===== Extracted material

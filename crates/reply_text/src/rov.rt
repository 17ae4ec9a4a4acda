ghost use Rattle.std.specs.Prelude.{[], ◌∷◌};
ghost use Rattle.bmp_specs.specs.Lines.{further};
ghost use Rattle.reply_text.specs.Pieces.{spaced};
ghost use Rattle.reply_text.specs.Rov.{origin_word, judged_fields, rov_line};
ghost use Rattle.wire_io.specs.Writes.{Writes};

use crate::lists::put_number;
use crate::route::{put_id, put_row_key};
use itoa::Buffer;
use rib_model::RowKey;
use wire_io::{Failed, Sink, write_pieces};

// Writes the fields of an origin and of what a row is judged to be.
fn put_judged<O: Sink>(out: &mut O, origin: Option<u32>, judged: &[u8]) -> Result<(), Failed>
    ensures { Writes O.faults O.told O.aside out.old (spaced (origin_word origin ∷ judged.now ∷ [])) result out.new }
{
    match origin {
        None => write_pieces(out, &[b" none ", judged]),
        Some(asn) => write_pieces(
            out,
            &[b" ", Buffer::new().format(asn).as_bytes(), b" ", judged],
        ),
    }
}

// Writes the fields of a row that is judged, from its peer on, and the end of the line.
fn put_judged_row<O: Sink>(
    out: &mut O,
    row: &RowKey,
    origin: Option<u32>,
    judged: &[u8],
) -> Result<(), Failed>
    ensures { Writes O.faults O.told O.aside out.old (further (judged_fields row.now origin judged.now)) result out.new }
{
    put_row_key(out, row)?;
    put_judged(out, origin, judged)?;
    put_id(out, &row.nlri)
}

/// Writes the line of a row of this lane with what it is judged to be: its peer, the RIB that it was seen in, its prefix,
/// the AS that originated its route or `none`, what it is judged to be, and its path identifier where it has one (RFC 7911,
/// section 3). Where a write fails, a front of the line was written.
pub(crate) fn put_rov<O: Sink>(
    out: &mut O,
    lane: u32,
    row: &RowKey,
    origin: Option<u32>,
    judged: &[u8],
) -> Result<(), Failed>
    ensures { Writes O.faults O.told O.aside out.old (rov_line lane row.now origin judged.now) result out.new }
{
    put_number(out, b"rov ", lane)?;
    put_judged_row(out, row, origin, judged)
}
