ghost use Rattle.std.specs.Prelude.{◌≡◌, ◌≤◌, ◌++◌, ◌/◌, ◌%◌, [], ◌∷◌, codes, length, slice_index};
ghost use Rattle.bmp_specs.specs.AddressText.{text_in};
ghost use Rattle.bmp_specs.specs.PeerText.{hex_digits, hex_text};
ghost use Rattle.bmp_specs.specs.RouteLine.{text_or_absent, hop_text};
ghost use Rattle.wire_io.specs.Writes.{Writes};

use ip_prefix::{Addr, Family, ShortText};
use wire_io::{ByteList, Failed, Sink, write_all, write_pieces};

// The sixteen digits, with lower case letters.
const DIGITS: &[u8; 16] = b"0123456789abcdef";

// The text of four bytes as an IPv4 address.
pub(crate) fn v4_text(bytes: &[u8]) -> ShortText
    requires { length bytes.now ≡ 4 }
    ensures whole { result ≡ text_in Family.V4 bytes.now }
    ensures short { length result ≤ 42 }
{
    let mut octets = [0u8; 4];
    octets.copy_from_slice(bytes);
    Addr::v4(octets).text()
}

// The text of sixteen bytes as an IPv6 address.
pub(crate) fn v6_text(bytes: &[u8]) -> ShortText
    requires { length bytes.now ≡ 16 }
    ensures whole { result ≡ text_in Family.V6 bytes.now }
    ensures short { length result ≤ 42 }
{
    let mut octets = [0u8; 16];
    octets.copy_from_slice(bytes);
    Addr::v6(octets).text()
}

// The two digits of a byte.
pub(crate) fn digits_of(byte: u8) -> [u8; 2]
    ensures { result ≡ slice_index hex_digits (byte / 16) ∷ slice_index hex_digits (byte % 16) ∷ [] }
{
    [DIGITS[(byte / 16) as usize], DIGITS[(byte % 16) as usize]]
}

// Writes the bytes in hexadecimal.
pub(crate) fn put_hex<O: Sink>(out: &mut O, bytes: &[u8]) -> Result<(), Failed>
    ensures { Writes O.faults O.told O.aside out.old (hex_text bytes.now) result out.new }
{
    for byte in bytes {
        write_all(out, &digits_of(*byte))?;
    }
    Ok(())
}

// Writes two IPv6 addresses, the global and the link-local one (RFC 2545, section 3).
fn put_two<O: Sink>(out: &mut O, hop: &[u8]) -> Result<(), Failed>
    requires { length hop.now ≡ 32 }
    ensures { Writes O.faults O.told O.aside out.old (codes " next=" ++ hop_text hop.now) result out.new }
{
    let (global, link_local) = hop.split_at(16);
    let global = v6_text(global);
    let link_local = v6_text(link_local);
    write_pieces(
        out,
        &[b" next=", global.as_slice(), b",", link_local.as_slice()],
    )
}

// Writes a next hop that is no address.
fn put_bytes<O: Sink>(out: &mut O, hop: &[u8]) -> Result<(), Failed>
    ensures { Writes O.faults O.told O.aside out.old (codes " next=x" ++ hex_text hop.now) result out.new }
{
    write_all(out, b" next=x")?;
    put_hex(out, hop)
}

// The field of a next hop that is one address, of this text.
fn one_hop(address: &ShortText) -> ShortText
    requires { length address.now ≤ 42 }
    ensures { result ≡ codes " next=" ++ address.now }
{
    let mut text = ShortText::new();
    text.extend(b" next=");
    text.extend(address.as_slice());
    text
}

// Writes a next hop in the form of its number of bytes.
fn put_by_length<O: Sink>(out: &mut O, hop: &[u8]) -> Result<(), Failed>
    ensures { Writes O.faults O.told O.aside out.old (codes " next=" ++ hop_text hop.now) result out.new }
{
    if hop.len() == 4 {
        return write_all(out, one_hop(&v4_text(hop)).as_slice());
    }
    if hop.len() == 16 {
        return write_all(out, one_hop(&v6_text(hop)).as_slice());
    }
    if hop.len() == 32 {
        return put_two(out, hop);
    }
    put_bytes(out, hop)
}

// Writes the field of the next hop (RFC 4271, section 5.1.3; RFC 4760, section 3).
pub(crate) fn put_hop<O: Sink>(out: &mut O, hop: &Option<ByteList>) -> Result<(), Failed>
    ensures { Writes O.faults O.told O.aside out.old (codes " next=" ++ text_or_absent hop_text hop.now) result out.new }
{
    match hop {
        None => write_all(out, b" next=-"),
        Some(hop) => put_by_length(out, hop.as_slice()),
    }
}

==========

▶ **What is required**: How many lines in the records above contain the word "requires"? Reply with the number and nothing more.

▶ **Answer area**: 4